The Transaction Control Language is used in conjunction with the Data Manipulation Language to control the processing and exposure of changes. Transactions are a fundamental part of how relational databases protect the integrity and reliability of the data they hold. Transactions are automatically used on all DDL and DML commands.
A transaction is used to group together a series of low-level changes into a single, logical update. A transaction can be anything from updating a single value to a complex, multistep procedure that might end up inserting several rows into a number of different tables.
The classic transaction example is a database that holds account numbers and balances. If you want to transfer a balance from one account to another, that is a simple two-step process: subtract an amount from one account balance and then add the same amount to the other account balance. That process needs to be done as a single logical unit of change, and should not be broken apart. Both steps should either succeed completely, resulting in the balance being correctly transferred, or both steps should fail completely, resulting in both accounts being left unchanged. Any other outcome, where one step succeeds and the other fails, is not acceptable.

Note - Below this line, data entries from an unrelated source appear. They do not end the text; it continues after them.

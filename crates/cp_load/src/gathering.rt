ghost use Rattle.std.specs.Prelude.{◌≡◌, ◌+◌, ◌≤◌, ◌<◌, ℕ, List, length, Some, OnOk};
ghost use Rattle.cp_load.specs.Answers.{HasCause};
ghost use Rattle.cp_load.specs.Gathering.{most_bytes, taken};
ghost use Rattle.cp_load.specs.Reached.{Gathers, IsTaken, TakesFile, IsReached, Reaches};

use crate::error::LoadError;
use crate::step::step_refusal;
use cp_assemble::ModuleParts;
use cp_io::{ByteLists, Bytes, Fetched, Files, bytes_of};
use cp_module::{Loaded, ModulePart, module_of};
use std::alloc::Global;

/// The most bytes that a file has.
const MOST_BYTES: u32 = 1048576;

/// The file of this name and those that are imported from it, directly or not, in loading order: each by itself, and none
/// refused for its name or for the number of files.
pub(crate) fn gather<F: Files>(
    alloc: Global,
    files: &mut F,
    name: &[u8],
) -> Result<ModuleParts, LoadError>
    ensures loads { Gathers (F.tree files.old) name.now result }
    ensures cause { HasCause (F.faults files.old) (F.faults files.new) (F.misses files.old) (F.misses files.new) result }
    ensures tree { F.tree files.new ≡ F.tree files.old }
{
    let mut known = ByteLists::new(alloc);
    known.push(bytes_of(alloc, name)?)?;
    let mut parts = ModuleParts::new(alloc);
    'files: while parts.len() < known.len() {
        gather_next(alloc, files, &mut known, &mut parts)?;
    }
    Ok(parts)
}

/// Loads the first of the known files that is not loaded yet, and makes those known that it imports.
fn gather_next<F: Files>(
    alloc: Global,
    files: &mut F,
    known: &mut ByteLists,
    parts: &mut ModuleParts,
) -> Result<(), LoadError>
    requires next { length parts.old < length known.old }
    requires room { length known.old ≤ 64 }
    ensures loads { (name : List ℕ) → IsReached (F.tree files.old) name known.old parts.old → Reaches (F.tree files.old) name known.new parts.new result }
    ensures cause { HasCause (F.faults files.old) (F.faults files.new) (F.misses files.old) (F.misses files.new) result }
    ensures tree { F.tree files.new ≡ F.tree files.old }
    ensures more { OnOk result (length parts.new ≡ length parts.old + 1) }
{
    let file = &known.as_slice()[parts.len() as usize];
    let part = load_file(alloc, files, file.as_slice())?;
    let refusal = step_refusal(alloc, known, parts.as_slice(), &part)?;
    if let Some(refusal) = refusal {
        return Err(LoadError::Refused(refusal));
    }
    parts.push(part)?;
    Ok(())
}

/// What the file of this name is by itself.
fn load_file<F: Files>(alloc: Global, files: &mut F, file: &[u8]) -> Result<ModulePart, LoadError>
    ensures loads { TakesFile (F.tree files.old) file.now result }
    ensures cause { HasCause (F.faults files.old) (F.faults files.new) (F.misses files.old) (F.misses files.new) result }
    ensures tree { F.tree files.new ≡ F.tree files.old }
{
    let name = bytes_of(alloc, file)?;
    match files.fetch(file, MOST_BYTES)? {
        Fetched::Bytes(text) => part_of(alloc, name, text.as_slice()),
        Fetched::Missing => Err(LoadError::Missing(name)),
        Fetched::Fault => Err(LoadError::FileFault(name)),
    }
}

/// What the file with this name and these bytes is by itself.
fn part_of(alloc: Global, file: Bytes, text: &[u8]) -> Result<ModulePart, LoadError>
    requires { length text.now ≤ most_bytes + 1 }
    ensures loads { IsTaken file (Some text.now) result }
    ensures cause { (faults misses : ℕ) → HasCause faults faults misses misses result }
{
    if text.len() > MOST_BYTES as usize {
        return Err(LoadError::FileTooBig(file));
    }
    match module_of(alloc, file.as_slice(), text) {
        Loaded::Part(part) => Ok(part),
        Loaded::Refused(refusal) => Err(LoadError::Refused(refusal)),
        Loaded::NoMemory => Err(LoadError::NoMemory),
    }
}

Typically a transaction is opened, or started. As individual data manipulation commands are issued, they become part of the transaction. When the logical procedure has finished, the transaction can be committed, which applies all of the changes to the permanent database record. If, for any reason, the commit fails, the transaction is rolled back, removing all traces of the changes. A transaction can also be manually rolled back.

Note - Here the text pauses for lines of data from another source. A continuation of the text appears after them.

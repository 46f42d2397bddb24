ghost use Rattle.std.specs.Prelude.{◌≡◌, None, Ok, IfOk, OnOk};
ghost use Rattle.std.specs.Option.{option_map};
ghost use Rattle.cp_module.specs.Causes.{least};
ghost use Rattle.cp_link.specs.Kept.{fault_of};
ghost use Rattle.cp_link.specs.Modules.{name_of};
ghost use Rattle.cp_load.specs.Answers.{SpeakOfArguments};
ghost use Rattle.cp_load.specs.Assertions.{causes_in, assertion_fault, ClausesAdd, FilesAdd};
ghost use Rattle.cp_load.specs.Asserting.{KeepsRest};

use crate::asserted::add_assertion;
use crate::step::refusal_at;
use cp_code::Program;
use cp_link::name_of;
use cp_module::{Cause, ModulePart, Refusal, soonest};
use std::alloc::{AllocError, Global};

/// Adds the assertions of files to those of a program, and tells what is refused in them. Nothing else of it is changed.
pub(crate) fn add_assertions(
    alloc: Global,
    program: &mut Program,
    parts: &[ModulePart],
) -> Result<Option<Refusal>, AllocError>
    ensures refusal { IfOk result (λ refusal. option_map fault_of refusal ≡ assertion_fault program.old parts.now) }
    ensures added { result ≡ Ok None → FilesAdd program.old parts.now program.old.checks program.new.checks }
    ensures rest { OnOk result (KeepsRest program.old program.new) }
    ensures arguments { OnOk result (SpeakOfArguments program.old.checks → SpeakOfArguments program.new.checks) }
{
    for part in parts {
        let found = add_file_assertions(alloc, program, part)?;
        if let Some(cause) = found {
            let refusal = refusal_at(alloc, part.file(), cause)?;
            return Ok(Some(refusal));
        }
    }
    Ok(None)
}

/// Adds the assertions of a file, and tells what counts of what is refused in them.
fn add_file_assertions(
    alloc: Global,
    program: &mut Program,
    part: &ModulePart,
) -> Result<Option<Cause>, AllocError>
    ensures cause { IfOk result (λ cause. cause ≡ least (causes_in program.old part.now)) }
    ensures added { result ≡ Ok None → ClausesAdd program.old (name_of part.now) part.now.clauses program.old.checks (λ more. program.new.checks ≡ more) }
    ensures rest { OnOk result (KeepsRest program.old program.new) }
    ensures arguments { OnOk result (SpeakOfArguments program.old.checks → SpeakOfArguments program.new.checks) }
{
    let module = name_of(alloc, part)?;
    let mut cause: Option<Cause> = None;
    for clause in part.clauses().as_slice() {
        let why = add_assertion(alloc, program, &module, clause)?;
        cause = soonest(cause, Cause::on(clause.line, why));
    }
    Ok(cause)
}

The standard for reliable, robust transactions is the ACID test. ACID stands for Atomic, Consistent, Isolated, and Durable. Any transaction system worth using must possess these qualities.
- Atomic
A transaction should be atomic, in the sense that the change cannot be broken down into smaller pieces. When a transaction is committed to the database, the entire transaction must be applied or the entire transaction must not be applied. It should be impossible for only part of a transaction to be applied.
- Consistent
A transaction should also keep the database consistent. A typical database has a number of rules and limits that help ensure the stored data is correct and consistent with the design of the database. Assuming a database starts in a consistent state, applying a transaction must keep the database consistent. This is important, because the database is allowed to (and is often required to) become inconsistent while the transaction is open. For example, while transferring funds, there is a moment between the subtraction from one account and the addition to another account that the total amount of funds represented in the database is altered and may become inconsistent with a recorded total. This is acceptable, as long as the transaction, as a whole, is consistent when it is committed.
- Isolated
An open transaction must also be isolated from other clients. When a client opens a transaction and starts to issue individual change commands, the results of those commands are visible to the client. Those changes should not, however, be visible to any other system accessing the database, nor should they be integrated into the permanent database record until the entire transaction is committed. Conversely, changes committed by other clients after the transaction was started should not be visible to this transaction. Isolation is required for transactions to be atomic and consistent. If other clients could see half-applied transactions, the transactions could not claim to be atomic in nature, nor would they preserve the consistency of the database, as seen by other clients.
- Durable
Last of all, a transaction must be durable. If the transaction is successfully committed, it must have become a permanent and irreversible part of the database record. Once a success status is returned, it should not matter if the process is killed, the system loses power, or the database filesystem disappears—upon restart, the committed changes should be present in the database. Conversely, if the system loses power before a transaction is committed, then upon restart the changes made within the transaction should not be present.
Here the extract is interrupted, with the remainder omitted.